▸ **Directions**
Print all the records below, word for word and in full.

▸ **Input records**
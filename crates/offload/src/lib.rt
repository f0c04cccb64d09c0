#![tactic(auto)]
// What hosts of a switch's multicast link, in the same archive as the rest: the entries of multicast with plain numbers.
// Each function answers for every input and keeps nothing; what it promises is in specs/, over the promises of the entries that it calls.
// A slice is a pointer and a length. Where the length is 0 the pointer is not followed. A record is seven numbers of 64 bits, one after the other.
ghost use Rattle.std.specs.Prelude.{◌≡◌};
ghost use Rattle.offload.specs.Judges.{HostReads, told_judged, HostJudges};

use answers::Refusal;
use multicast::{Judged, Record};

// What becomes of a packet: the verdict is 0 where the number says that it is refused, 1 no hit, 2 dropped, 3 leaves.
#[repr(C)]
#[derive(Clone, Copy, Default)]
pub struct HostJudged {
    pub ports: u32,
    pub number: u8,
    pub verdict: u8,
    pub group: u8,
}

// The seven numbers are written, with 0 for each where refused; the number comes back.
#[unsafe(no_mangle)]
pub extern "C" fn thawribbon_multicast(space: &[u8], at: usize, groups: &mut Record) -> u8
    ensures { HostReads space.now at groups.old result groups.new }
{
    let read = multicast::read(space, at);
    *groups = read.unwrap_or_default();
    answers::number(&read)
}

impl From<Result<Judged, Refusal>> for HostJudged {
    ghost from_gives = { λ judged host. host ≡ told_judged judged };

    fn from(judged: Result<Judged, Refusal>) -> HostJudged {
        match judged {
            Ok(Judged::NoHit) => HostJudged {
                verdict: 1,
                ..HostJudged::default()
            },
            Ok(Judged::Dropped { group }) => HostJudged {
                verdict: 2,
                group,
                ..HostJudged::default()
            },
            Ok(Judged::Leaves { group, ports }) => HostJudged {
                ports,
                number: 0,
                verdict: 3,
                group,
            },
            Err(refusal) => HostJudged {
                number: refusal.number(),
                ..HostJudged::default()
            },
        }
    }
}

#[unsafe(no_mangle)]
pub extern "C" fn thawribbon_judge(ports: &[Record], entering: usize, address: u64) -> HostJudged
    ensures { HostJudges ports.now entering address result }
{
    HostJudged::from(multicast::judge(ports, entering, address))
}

▸ **Solution**
filename crates/offload/src/lib.rt
repository f0c04cccb64d09c0
#![tactic(auto)]
// What hosts of a switch's multicast link, in the same archive as the rest: the entries of multicast with plain numbers.
// Each function answers for every input and keeps nothing; what it promises is in specs/, over the promises of the entries that it calls.
// A slice is a pointer and a length. Where the length is 0 the pointer is not followed. A record is seven numbers of 64 bits, one after the other.
ghost use Rattle.std.specs.Prelude.{◌≡◌};
ghost use Rattle.offload.specs.Judges.{HostReads, told_judged, HostJudges};

use answers::Refusal;
use multicast::{Judged, Record};

// What becomes of a packet: the verdict is 0 where the number says that it is refused, 1 no hit, 2 dropped, 3 leaves.
#[repr(C)]
#[derive(Clone, Copy, Default)]
pub struct HostJudged {
    pub ports: u32,
    pub number: u8,
    pub verdict: u8,
    pub group: u8,
}

// The seven numbers are written, with 0 for each where refused; the number comes back.
#[unsafe(no_mangle)]
pub extern "C" fn thawribbon_multicast(space: &[u8], at: usize, groups: &mut Record) -> u8
    ensures { HostReads space.now at groups.old result groups.new }
{
    let read = multicast::read(space, at);
    *groups = read.unwrap_or_default();
    answers::number(&read)
}

impl From<Result<Judged, Refusal>> for HostJudged {
    ghost from_gives = { λ judged host. host ≡ told_judged judged };

    fn from(judged: Result<Judged, Refusal>) -> HostJudged {
        match judged {
            Ok(Judged::NoHit) => HostJudged {
                verdict: 1,
                ..HostJudged::default()
            },
            Ok(Judged::Dropped { group }) => HostJudged {
                verdict: 2,
                group,
                ..HostJudged::default()
            },
            Ok(Judged::Leaves { group, ports }) => HostJudged {
                ports,
                number: 0,
                verdict: 3,
                group,
            },
            Err(refusal) => HostJudged {
                number: refusal.number(),
                ..HostJudged::default()
            },
        }
    }
}

#[unsafe(no_mangle)]
pub extern "C" fn thawribbon_judge(ports: &[Record], entering: usize, address: u64) -> HostJudged
    ensures { HostJudges ports.now entering address result }
{
    HostJudged::from(multicast::judge(ports, entering, address))
}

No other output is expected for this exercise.